* Assignment *
For the entries below, how many lines contain the word "const"? Reply with the number and nothing else.

[Stored data entries]

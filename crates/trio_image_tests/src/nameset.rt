//! Many long names that are alike, in several orders.

ghost use Rattle.std.specs.Prelude.{◌≡◌, ◌+◌, ◌<◌, ◌≤◌, length};

use std::alloc::Global;
use trio_names::Name;
use trio_nameset::NameSet;

const COUNT: u32 = 200;

#[derive(Clone, Copy)]
enum Order {
    Rising,
    Falling,
    ZigZag,
}

fn number_at(order: Order, place: u32) -> u32
    requires { place < COUNT }
{
    match order {
        Order::Rising => place,
        Order::Falling => COUNT - 1 - place,
        Order::ZigZag if place % 2 == 0 => place / 2,
        Order::ZigZag => COUNT - 1 - place / 2,
    }
}

// names that differ in their last two bytes of 182, in the order of their numbers
fn long_name(number: u32) -> Option<Name> {
    let mut bytes = [b'n'; 182];
    bytes[180] = b'a' + (number / 16 % 16) as u8;
    bytes[181] = b'a' + (number % 16) as u8;
    Name::read(&bytes).ok()
}

/// Adds the name at a place of an order, and answers its number.
fn adds(set: &mut NameSet, order: Order, place: u32) -> Option<u32>
    requires place { place < COUNT }
    requires room { length set.old.names < set.old.room }
    ensures names { length set.new.names ≤ length set.old.names + 1 }
    ensures room { set.new.room ≡ set.old.room }
{
    match long_name(number_at(order, place)) {
        Some(name) => Some(set.add(&name)),
        None => None,
    }
}

/// How many of the names have their place in this order as their number where all are added in it.
fn count_placed(set: &mut NameSet, order: Order) -> u32
    requires { length set.old.names + 200 ≤ set.old.room }
    ensures names { length set.new.names ≤ length set.old.names + 200 }
    ensures room { set.new.room ≡ set.old.room }
{
    let mut count = 0u32;
    for place in 0..COUNT {
        if adds(set, order, place) == Some(place) {
            count = count.saturating_add(1);
        }
    }
    count
}

/// How many have their places as their numbers where they are added twice in one order, and then, once
/// the set is cleared, twice in another.
fn rounds(alloc: Global, first: Order, second: Order) -> Option<(u32, u32, u32, u32)> {
    let mut set = NameSet::with(alloc, 2 * COUNT).ok()?;
    let before = (count_placed(&mut set, first), count_placed(&mut set, first));
    set.clear();
    let after = (
        count_placed(&mut set, second),
        count_placed(&mut set, second),
    );
    Some((before.0, before.1, after.0, after.1))
}

const ORDERS: &[(Order, Order)] = &[
    (Order::Rising, Order::Falling),
    (Order::Falling, Order::ZigZag),
    (Order::ZigZag, Order::Rising),
];

#[test]
fn a_name_met_again_has_the_number_it_had_until_the_set_is_cleared(rt: HostRuntime) {
    for (i, (first, second)) in ORDERS.iter().enumerate() {
        let counts = rounds(rt.alloc(), *first, *second);
        assert!(rt; counts == Some((COUNT, COUNT, COUNT, COUNT)), "row {i}");
    }
}
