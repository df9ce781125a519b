// The tables of the search, laid once: relations on records as rows, the set of the operations.
ghost use Rattle.std.specs.Prelude.{◌≡◌, true, false, ◌<◌, ◌≤◌, length};
ghost use Rattle.trace.specs.Bounds.{RECORDS};
ghost use Rattle.trace.specs.Meaning.{frame_of};
ghost use Rattle.rows.specs.Bounds.{CELLS, WORDS};
ghost use Rattle.rows.specs.Rows.{bit, Edges};
ghost use Rattle.rules.specs.RuleTests.{writer?};
ghost use Rattle.search.specs.inner.TablesLaid.{Filled, reader?, Addressed, Rowed, Filling, Counted};

use trace::{RECORDS, Trace};

// Lays, for each address, the row of those that write there, or of all records.
fn lay_addresses(t: Trace, all: bool, by: &mut [u64])
    requires { (t.len ≤ RECORDS) × (length by.old ≡ CELLS) }
    ensures { Addressed t all t.len by.new }
{
    rows::clear(by);
    let n = t.len;
    for x in 0..n {
        let op = t.records[x].op;
        let addr = op.address() as usize;
        rows::put_if(by, op.writes() | all, addr, x);
    }
}

// Lays row y: what the row of an address has, but y.
fn lay_others(by: &[u64], addr: usize, y: usize, writers: &mut [u64])
    requires { (y < RECORDS) × (length writers.old ≡ CELLS) }
    ensures { Rowed y (Edges by.now addr) (λ x. x ≡ y) writers.old writers.new }
{
    let mut own = [0u64; rows::WORDS];
    rows::put(&mut own, 0, y);
    rows::add_row(by, addr, writers, y);
    rows::drop_row(&own, 0, writers, y);
}

// Lays the writers of each record's address but the record, a whole row at a time.
fn lay_writers(t: Trace, by: &[u64], writers: &mut [u64])
    requires { (t.len ≤ RECORDS) × (length writers.old ≡ CELLS) × Addressed t false t.len by.now }
    ensures { Filling t.len t.len (writer? (frame_of t)) writers.new }
{
    rows::clear(writers);
    let n = t.len;
    for y in 0..n {
        let op = t.records[y].op;
        let addr = op.address() as usize;
        lay_others(by, addr, y, writers);
    }
}

// Lays the other records of the address that each record writes.
fn lay_readers(t: Trace, by: &[u64], readers: &mut [u64])
    requires { (t.len ≤ RECORDS) × (length readers.old ≡ CELLS) × Addressed t true t.len by.now }
    ensures { Filling t.len t.len (reader? (frame_of t)) readers.new }
{
    rows::clear(readers);
    let n = t.len;
    for y in 0..n {
        let op = t.records[y].op;
        if op.writes() {
            let addr = op.address() as usize;
            lay_others(by, addr, y, readers);
        }
    }
}

// Lays the three relations: what is held turned round, and those of the trace.
pub(crate) fn lay(
    t: Trace,
    held: &[u64],
    before: &mut [u64],
    writers: &mut [u64],
    readers: &mut [u64],
)
    requires { (t.len ≤ RECORDS) × (length before.old ≡ CELLS) × (length writers.old ≡ CELLS) × (length readers.old ≡ CELLS) }
    ensures filled { Filled t.len (bit held.now) before.new }
    ensures filled_2 { Filled t.len (writer? (frame_of t)) writers.new }
    ensures filled_3 { Filled t.len (reader? (frame_of t)) readers.new }
{
    let n = t.len;
    let mut by = [0u64; rows::CELLS];
    lay_addresses(t, false, &mut by);
    lay_writers(t, &by, writers);
    lay_addresses(t, true, &mut by);
    lay_readers(t, &by, readers);
    rows::turn(held, n, before);
}

// Lays the set of the operations, and counts them.
pub(crate) fn lay_operations(t: Trace, operations: &mut [u64]) -> usize
    requires { (t.len ≤ RECORDS) × (length operations.old ≡ WORDS) }
    ensures { Counted (frame_of t) operations.new result }
{
    rows::clear(operations);
    let n = t.len;
    let mut total: usize = 0;
    for x in 0..n {
        let op = t.records[x].op;
        if !op.fence() {
            rows::put(operations, 0, x);
            total += 1;
        }
    }
    total
}
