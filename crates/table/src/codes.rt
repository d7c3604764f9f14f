// The codes of an error packet.
ghost use Rattle.std.specs.Prelude.{◌≡◌};
ghost use Rattle.table.specs.Codes.{code_number};

// Why a packet draws an error.
#[derive(Clone, Copy, Debug, PartialEq, Eq)]
pub enum ErrorCode {
    InvalidCommand,
    InvalidLength,
    InvalidNumber,
    TimeOut,
    Busy,
    InvalidChannel,
    Other,
}

impl ErrorCode {
    // The byte that the packet carries.
    pub fn number(self) -> u8
        ensures { result ≡ code_number self }
    {
        match self {
            ErrorCode::InvalidCommand => 0x01,
            ErrorCode::InvalidLength => 0x03,
            ErrorCode::InvalidNumber => 0x04,
            ErrorCode::TimeOut => 0x05,
            ErrorCode::Busy => 0x06,
            ErrorCode::InvalidChannel => 0x0B,
            ErrorCode::Other => 0x7F,
        }
    }
}
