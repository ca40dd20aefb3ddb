// What the UPDATEs of a stream change, in the order in which they came.
ghost use Rattle.std.specs.Prelude.{◌≡◌, ◌+◌, [], IfOk, Some, None, if◌then◌else◌};
ghost use Rattle.bgp_update.specs.Walks.{prefixes_from};
ghost use Rattle.heard_table.specs.Changes.{listed, IsInTurn};
ghost use Rattle.heard_table.specs.Steps.{change_each};

use crate::change::Change;
use crate::section::Section;
use bgp_update::Prefixes;
use std::alloc::{AllocError, Global};
use std::marker::Model;

/// The parts of UPDATEs that have prefixes, each with what becomes of its prefixes: the section that they are announced
/// with, or None if they are withdrawn; and all their prefixes. Contracts see the table that the changes leave.
#[derive(Drop)]
pub(crate) struct Changes<'a> {
    pub(crate) parts: Vec<Option<Section<'a>>>,
    pub(crate) list: Vec<Change>,
}

impl<'a> Model for Changes<'a> {
    ghost use Rattle.std.specs.Prelude.{length, []};
    ghost use Rattle.xb_values.specs.Prefixes.{Sections};
    ghost use Rattle.heard_table.specs.Changes.{played, IsInTurn};

    ghost Value = { Sections };

    ghost view = { λ c. played c.parts.items c.list.items [] };

    ghost invariant = { λ c. IsInTurn (length c.parts.items) c.list.items };
}

// Adds the prefixes that octets write, each with that part. False if the octets are not prefixes to the end.
fn list_prefixes(list: &mut Vec<Change>, octets: &[u8], part: usize) -> Result<bool, AllocError>
    requires { IsInTurn (part + 1) list.old.items }
    ensures listed { IfOk result (λ whole. listed part (prefixes_from octets.now) list.old.items
        ≡ (if whole then Some list.new.items else None)) }
    ensures in_turn { IsInTurn (part + 1) list.new.items }
{
    let mut prefixes = Prefixes::new(octets);
    'prefixes: while let Some(next) = prefixes.next() {
        let Ok(prefix) = next else {
            return Ok(false);
        };
        list.push(Change { prefix, part })?;
    }
    Ok(true)
}

impl<'a> Changes<'a> {
    /// No changes.
    pub(crate) fn new(alloc: Global) -> Changes<'a>
        ensures { result ≡ [] }
    {
        Changes {
            parts: Vec::new(alloc),
            list: Vec::new(alloc),
        }
    }

    /// Adds the prefixes that octets write, each with what becomes of it. False if the octets are not prefixes to the
    /// end.
    pub(crate) fn add(
        &mut self,
        octets: &[u8],
        becomes: Option<Section<'a>>,
    ) -> Result<bool, AllocError>
        ensures { IfOk result (λ whole. change_each (prefixes_from octets.now) becomes.entry self.old
            ≡ (if whole then Some self.new else None)) }
    {
        if octets.is_empty() {
            return Ok(true);
        }
        let part = self.parts.len();
        self.parts.push(becomes)?;
        list_prefixes(&mut self.list, octets, part)
    }
}
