// The table, and how it is made from a stream.
ghost use Rattle.std.specs.Prelude.{◌≡◌, [], ◌∷◌, IfOk, IfSome, IfNone, Some, None, if◌then◌else◌};
ghost use Rattle.std.specs.Option.{option_map};
ghost use Rattle.xb_words.specs.Table.{entry_after, IsRising};
ghost use Rattle.xb_values.specs.Prefixes.{prefix_cmp};
ghost use Rattle.bgp_update.specs.Heard.{heard as heard_of};
ghost use Rattle.heard_table.specs.Changes.{begins_with};
ghost use Rattle.heard_table.specs.Gives.{GivesTable};
ghost use Rattle.heard_table.specs.Steps.{update_step};

use crate::change::Change;
use crate::changes::Changes;
use crate::section::Section;
use bgp_update::{Messages, UpdateView};
use std::alloc::{AllocError, Global};
use std::marker::Model;
use thiserror::Error;
use xb_values::Prefix;
use xb_wire::numbers::UPDATE;

/// Why there is no table of a stream.
#[derive(Clone, Copy, Debug, PartialEq, Eq, Error)]
pub enum HeardError {
    #[error("out of memory")]
    OutOfMemory,
    /// A message or a rest is refused; `at` is the offset at which it begins.
    #[error("the stream is refused at octet {at}")]
    Bad { at: usize },
}

/// Prefixes, each with the section of path attributes that announced it last. It takes memory for each prefix of the
/// stream, so no more than in proportion to the stream, whose octets it borrows.
#[derive(Drop)]
pub struct Table<'a> {
    parts: Vec<Option<Section<'a>>>,
    changes: Vec<Change>,
}

impl<'a> Model for Table<'a> {
    ghost use Rattle.std.specs.List.Sorted.{IsSorted};
    ghost use Rattle.xb_values.specs.Prefixes.{Sections};
    ghost use Rattle.heard_table.specs.Changes.{settled, change_cmp};

    ghost Value = { Sections };

    ghost view = { λ t. settled t.parts.items t.changes.items };

    ghost invariant = { λ t. IsSorted change_cmp t.changes.items };
}

/// The entries of a table by rising prefix. Contracts see those that are still to come.
#[derive(Drop)]
pub struct Entries<'t, 'a> {
    parts: &'t [Option<Section<'a>>],
    rest: &'t [Change],
}

impl<'t, 'a> Model for Entries<'t, 'a> {
    ghost use Rattle.xb_values.specs.Prefixes.{Sections};
    ghost use Rattle.heard_table.specs.Changes.{settled};

    ghost Value = { Sections };

    ghost view = { λ e. settled e.parts.now e.rest.now };
}

impl<'a> Table<'a> {
    // The table that changes leave.
    fn settle(changes: Changes<'a>) -> Table<'a>
        ensures { result ≡ changes.entry }
    {
        let Changes { parts, mut list } = changes;
        list.sort_unstable();
        Table {
            parts,
            changes: list,
        }
    }

    /// All entries, in order.
    pub fn entries(&self) -> Entries<'_, 'a>
        ensures all { result ≡ self.now }
        ensures rising { IsRising prefix_cmp self.now }
    {
        Entries {
            parts: self.parts.as_slice(),
            rest: self.changes.as_slice(),
        }
    }

    /// The first prefix after the one given, or the first of all if none is given, with its section. None after the
    /// last. To walk over all entries, [`Table::entries`] is faster.
    pub fn after(&self, after: Option<Prefix>) -> Option<(Prefix, &[u8])>
        ensures entry { option_map (λ e. (e.0, e.1.now)) result ≡ entry_after prefix_cmp self.now after }
        ensures rising { IsRising prefix_cmp self.now }
    {
        let first = match after {
            None => 0,
            Some(prefix) => self.changes.partition_point(|c| c.prefix <= prefix),
        };
        let mut entries = Entries {
            parts: self.parts.as_slice(),
            rest: self.changes.as_slice().split_at(first).1,
        };
        entries.next()
    }
}

// Whether the first of these changes is one of that prefix.
fn begins_with(prefix: Prefix, changes: &[Change]) -> bool
    ensures { result ≡ begins_with prefix changes.now }
{
    match changes {
        [first, ..] => first.prefix == prefix,
        [] => false,
    }
}

impl<'t, 'a> Entries<'t, 'a> {
    /// The next prefix with its section.
    pub fn next(&mut self) -> Option<(Prefix, &'a [u8])>
        ensures entry { IfSome result (λ e. self.old ≡ (e.0, e.1.now) ∷ self.new) }
        ensures end { IfNone result ((self.old ≡ []) × (self.new ≡ [])) }
    {
        'changes: while let [change, rest @ ..] = self.rest {
            self.rest = rest;
            if begins_with(change.prefix, rest) {
                continue;
            }
            if let Some(Some(section)) = self.parts.get(change.part) {
                return Some((change.prefix, section.as_slice()));
            }
        }
        None
    }
}

// Applies an UPDATE. False if it cannot be read.
#[tactic(auto, unfolding(crate::specs::Steps::update_step))]
fn update<'a>(changes: &mut Changes<'a>, body: &'a [u8]) -> Result<bool, AllocError>
    ensures { IfOk result
        (λ whole. update_step body.now changes.old ≡ (if whole then Some changes.new else None)) }
{
    let Some(update) = UpdateView::new(body) else {
        return Ok(false);
    };
    if !changes.add(update.withdrawn(), None)? {
        return Ok(false);
    }
    changes.add(update.nlri(), Some(Section::new(update.section())))
}

/// The table of a stream of whole messages. Messages other than UPDATE change nothing, and path attributes are not
/// judged. The memory that it takes grows in proportion to the stream.
#[tactic(auto, using(crate::proofs::HeardLemmas::heard_by_steps))]
pub fn heard<'a>(alloc: Global, bytes: &'a [u8]) -> Result<Table<'a>, HeardError>
    ensures { GivesTable result (heard_of bytes.now) }
{
    let mut changes = Changes::new(alloc);
    let mut messages = Messages::new(bytes);
    'messages: while let Some(next) = messages.next() {
        let message = match next {
            Ok(message) => message,
            Err(at) => return Err(HeardError::Bad { at }),
        };
        if message.kind == UPDATE {
            match update(&mut changes, message.body) {
                Ok(true) => {}
                Ok(false) => return Err(HeardError::Bad { at: message.at }),
                Err(AllocError) => return Err(HeardError::OutOfMemory),
            }
        }
    }
    Ok(Table::settle(changes))
}
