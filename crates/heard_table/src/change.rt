// One change of the table.
use xb_values::Prefix;

/// A prefix with the place of the part that names it, among the parts of all UPDATEs. Changes are ordered by prefix,
/// and those of one prefix by their parts, so in the order in which they came.
#[derive(Clone, Copy, PartialEq, Eq, PartialOrd, Ord)]
pub(crate) struct Change {
    pub(crate) prefix: Prefix,
    pub(crate) part: usize,
}
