// The octets of a section, as part of the stream.
ghost use Rattle.std.specs.Prelude.{◌≡◌};

use std::marker::Model;

/// The octets of a section of path attributes, in the stream, which is not copied. Contracts see the octets.
#[derive(Drop)]
pub struct Section<'a> {
    octets: &'a [u8],
}

impl<'a> Model for Section<'a> {
    ghost use Rattle.std.specs.Prelude.{ℕ, List};

    ghost Value = { List ℕ };

    ghost view = { λ s. s.octets.now };
}

impl<'a> Section<'a> {
    pub fn new(octets: &'a [u8]) -> Section<'a>
        ensures { result ≡ octets.now }
    {
        Section { octets }
    }

    pub fn as_slice(&self) -> &'a [u8]
        ensures { result.now ≡ self.now }
    {
        self.octets
    }
}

* Exercise result *
2